Use Google-style docstrings:

def stem(self, word: str) -> str:
    """Find the morphological root of a word.

    Args:
        word: The word to stem

    Returns:
        The morphological root

    Example:
        >>> stemmer = DerivationalStemmer('eng')
        >>> stemmer.stem('organization')
        'organize'
    """

Code Review Process

All PRs are reviewed by maintainers.

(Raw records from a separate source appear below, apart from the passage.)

//! What the messages of the catalogue's HTTP interface ask for, and how they are answered.
//!
//! A message is a command, a question, an ask for changes or for a file of the page, or refused: by its path, its method, the pieces of its path, its parameters or its
//! body, the first that doesn't fit. What is answered becomes the status, the body and the methods of a reply. The crate
//! promises that both are what definitions compute from the message and the answer. It knows nothing of a catalogue.
//!
//! It stands on cat_http for messages and replies, on cat_inputs for the bodies of mutations, on cat_session_lines and cat_query
//! for queries, on cat_feed for places of a feed, on cat_types for names and references, on `matchit` for routes, and on
//! `percent_encoding` for the pieces of paths.
#![tactic(auto)]

pub mod answer;
pub mod body;
mod parameters;
pub mod path;
pub mod refusal;
pub mod request;
pub mod routes;
pub mod uid;
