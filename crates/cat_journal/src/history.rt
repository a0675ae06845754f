//! What holds of every list of loads and commits over a journal.
ghost use Rattle.std.specs.Prelude.{◌≡◌, ℕ, Bool, true, List, IfOk};
ghost use Rattle.cat_keeper.specs.Store.{Changes, Rows};
ghost use Rattle.cat_keeper.specs.declared.keeper.Loaded.TheVariants.{Rows as Given};
ghost use Rattle.cat_journal.specs.Histories.{AreFirst, AreSafe, IsLeftIn, Makes, Runs, disk_of, more_after_all, order_of, orders_of, rows_after_all};
ghost use Rattle.cat_journal.specs.Keeps.{JournalState};
ghost use Rattle.cat_journal.specs.Left.{AreRows, IsJournal, IsLeft, LeavesOnly, Now};
ghost use Rattle.cat_journal.specs.Loads.{IsWhole};
ghost use Rattle.cat_journal.specs.Records.{Scans};
ghost use Rattle.cat_journal.specs.Scanning.{GivesScan};
ghost use Rattle.cat_journal.specs.Stands.{Stands};
ghost use Rattle.cat_journal.specs.Writes.{Seen};
ghost use Rattle.cat_journal.specs.declared.call.Call.{Call};
ghost use Rattle.cat_journal.specs.declared.load.Known.TheVariants.{Nothing};
ghost use Rattle.cat_journal.specs.declared.records.Scanned.TheVariants.{Found};

use crate::call::{Call, Order};
use crate::keeper::JournalKeeper;
use cat_disk::Disk;
use cat_keeper::keeper::{Keeper, Place};
use std::alloc::{AllocError, Global};

// Asks a keeper for one thing.
fn make<D: Disk>(alloc: Global, keeper: &mut JournalKeeper<D>, order: Order) -> Call
    ensures order { order_of result ≡ order }
    ensures makes { Makes result keeper.old keeper.new }
{
    match order {
        Order::Load => Call::Load(keeper.load(alloc, &Place::Nowhere)),
        Order::Commit(batch) => {
            let committed = keeper.commit(alloc, &batch);
            Call::Commit(batch, committed)
        }
    }
}

/// Asks a keeper for one thing after the other. A crash at any moment leaves a journal whose rows are those at first with the batches
/// that were kept, and after them at most one batch more: that of the commit under way, one that failed since a batch was kept, or the
/// open one of the first content. Where memory is wanted for the answers, so it is for the calls that were made.
pub fn run<D: Disk>(
    alloc: Global,
    keeper: &mut JournalKeeper<D>,
    orders: Vec<Order>,
) -> Result<Vec<Call>, AllocError>
    ensures orders { IfOk result (λ made. orders_of made.items ≡ orders.items) }
    ensures safe { (calls : List Call) × AreFirst calls orders.items × IfOk result (λ made. made.items ≡ calls) × AreSafe calls keeper.old keeper.new }
{
    let mut made = Vec::with_capacity(alloc, orders.len())?;
    for order in orders {
        let call = make(alloc, keeper, order);
        made.push(call)?;
    }
    Ok(made)
}

/// Whatever loads and commits are made, one after the other, a crash at any moment leaves a journal whose rows are those at first
/// with the batches that were kept, and after them at most one batch more: that of the commit under way, one that failed since a
/// batch was kept, or the open one of the first content. And the rows stand so after the last call.
pub fn crashes_leave_what_was_kept()
    ensures left { (calls : List Call) (old new : JournalState) (base : Rows) (more : List Changes) → Stands base more old.known (disk_of old) → Runs calls old new
        → LeavesOnly old.moments new.moments (IsLeftIn calls base more) }
    ensures stands { (calls : List Call) (old new : JournalState) (base : Rows) (more : List Changes) → Stands base more old.known (disk_of old) → Runs calls old new
        → Stands (rows_after_all calls base) (more_after_all calls more) new.known (disk_of new) }
{}

/// The rows of a journal with nothing pending stand before the first call, as the scan finds them.
pub fn a_journal_stands_at_first()
    ensures { (s : Seen) → Now s.moments s.content IsWhole → IsJournal s.content
        → (base : Rows) × (gate : ℕ) × (more : List Changes) × Scans s.content (Found base gate) × Stands base more Nothing s }
{}

/// A load of what a crash left gives the rows at first with the batches that were kept, or these after one batch more, and never damage.
pub fn what_is_left_is_given()
    ensures { (base : Rows) (more : List Changes) (content new : List ℕ) (rows : Rows) (ready : Bool) → IsLeft base more content → GivesScan content new (Given rows) ready
        → AreRows base more rows × (ready ≡ true) }
{}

We look for:

  • Correctness: Does it work as intended?

  • Tests: Is it well-tested?

  • Documentation: Is it documented?

  • Style: Does it follow conventions?

  • Performance: Does it maintain speed?

Feedback may include:

  • Requests for changes

  • Suggestions for improvements

  • Questions about design decisions

Please be patient and constructive in discussions.

Release Process

Versioning

We follow Semantic Versioning (semver):

  • MAJOR: Incompatible API changes

  • MINOR: New features, backwards-compatible

  • PATCH: Bug fixes, backwards-compatible

Maintainer Responsibilities

  1. Review and merge PRs

  2. Update CHANGELOG.md

  3. Create GitHub releases

  4. Publish to PyPI

  5. Update documentation

Community Guidelines

  • Be respectful and constructive

  • Focus on the issue, not the person

  • Assume good intentions

  • Ask questions when unclear

  • Give credit to contributors

License

By contributing, you agree that your contributions will be licensed under the MIT License.

Questions?

  • Open an issue on GitHub

  • Tag maintainers: @droidmaximus

Thank you for contributing to Crossstem!